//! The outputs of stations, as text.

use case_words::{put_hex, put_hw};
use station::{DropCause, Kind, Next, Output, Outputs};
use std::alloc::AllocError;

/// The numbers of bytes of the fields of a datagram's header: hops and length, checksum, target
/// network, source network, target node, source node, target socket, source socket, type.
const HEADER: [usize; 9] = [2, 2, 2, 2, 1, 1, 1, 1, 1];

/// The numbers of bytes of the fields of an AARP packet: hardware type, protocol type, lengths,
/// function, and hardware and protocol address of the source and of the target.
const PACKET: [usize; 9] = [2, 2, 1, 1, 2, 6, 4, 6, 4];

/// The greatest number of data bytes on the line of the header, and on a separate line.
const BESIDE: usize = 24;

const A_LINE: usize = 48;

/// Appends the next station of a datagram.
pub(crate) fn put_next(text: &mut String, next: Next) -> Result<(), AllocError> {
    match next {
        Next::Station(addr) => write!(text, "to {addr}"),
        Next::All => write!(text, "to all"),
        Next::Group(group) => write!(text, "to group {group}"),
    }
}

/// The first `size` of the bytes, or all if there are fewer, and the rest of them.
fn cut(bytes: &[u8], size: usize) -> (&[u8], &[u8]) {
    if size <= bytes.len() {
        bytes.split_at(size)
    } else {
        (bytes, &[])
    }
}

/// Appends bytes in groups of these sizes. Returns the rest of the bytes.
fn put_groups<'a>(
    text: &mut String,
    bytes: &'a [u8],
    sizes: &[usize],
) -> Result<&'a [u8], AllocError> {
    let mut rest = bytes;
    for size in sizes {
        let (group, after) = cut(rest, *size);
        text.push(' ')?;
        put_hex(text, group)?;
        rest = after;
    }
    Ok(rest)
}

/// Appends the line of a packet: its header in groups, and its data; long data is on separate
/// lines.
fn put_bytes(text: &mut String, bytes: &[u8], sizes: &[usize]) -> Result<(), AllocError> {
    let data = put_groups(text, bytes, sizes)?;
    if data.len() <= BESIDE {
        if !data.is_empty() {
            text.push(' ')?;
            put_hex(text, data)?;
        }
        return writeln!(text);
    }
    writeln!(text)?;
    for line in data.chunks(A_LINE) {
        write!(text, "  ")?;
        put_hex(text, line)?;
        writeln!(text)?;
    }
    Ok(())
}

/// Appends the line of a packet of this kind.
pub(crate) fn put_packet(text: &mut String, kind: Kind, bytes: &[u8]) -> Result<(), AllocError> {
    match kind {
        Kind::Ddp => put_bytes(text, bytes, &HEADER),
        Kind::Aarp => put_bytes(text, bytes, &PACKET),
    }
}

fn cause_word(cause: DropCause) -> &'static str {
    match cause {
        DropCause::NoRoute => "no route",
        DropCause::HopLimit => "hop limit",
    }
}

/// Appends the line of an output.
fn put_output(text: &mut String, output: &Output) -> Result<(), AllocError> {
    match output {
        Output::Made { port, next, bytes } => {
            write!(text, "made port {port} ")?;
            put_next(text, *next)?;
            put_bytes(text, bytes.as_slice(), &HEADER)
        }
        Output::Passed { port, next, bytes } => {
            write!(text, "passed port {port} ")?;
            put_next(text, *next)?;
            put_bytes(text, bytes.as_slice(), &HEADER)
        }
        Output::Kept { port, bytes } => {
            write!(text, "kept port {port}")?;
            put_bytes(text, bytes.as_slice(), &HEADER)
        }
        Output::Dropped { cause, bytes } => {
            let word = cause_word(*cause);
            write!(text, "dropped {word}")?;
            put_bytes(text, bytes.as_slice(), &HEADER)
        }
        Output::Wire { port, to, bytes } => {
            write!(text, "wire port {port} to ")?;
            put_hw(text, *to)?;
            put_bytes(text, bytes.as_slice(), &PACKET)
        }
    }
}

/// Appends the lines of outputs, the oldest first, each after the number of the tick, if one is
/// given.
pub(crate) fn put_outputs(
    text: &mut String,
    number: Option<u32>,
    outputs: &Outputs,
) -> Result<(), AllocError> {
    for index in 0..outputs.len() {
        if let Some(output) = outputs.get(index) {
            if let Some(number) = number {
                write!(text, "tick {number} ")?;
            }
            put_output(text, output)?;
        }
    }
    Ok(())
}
────────────────────────────────────────
:: What is needed ::
Above are the records; print exactly the lines from the line with "a separate line." to the line with "of a datagram.", including both, and nothing else.

:: Answer ::
/// The greatest number of data bytes on the line of the header, and on a separate line.
const BESIDE: usize = 24;

const A_LINE: usize = 48;

/// Appends the next station of a datagram.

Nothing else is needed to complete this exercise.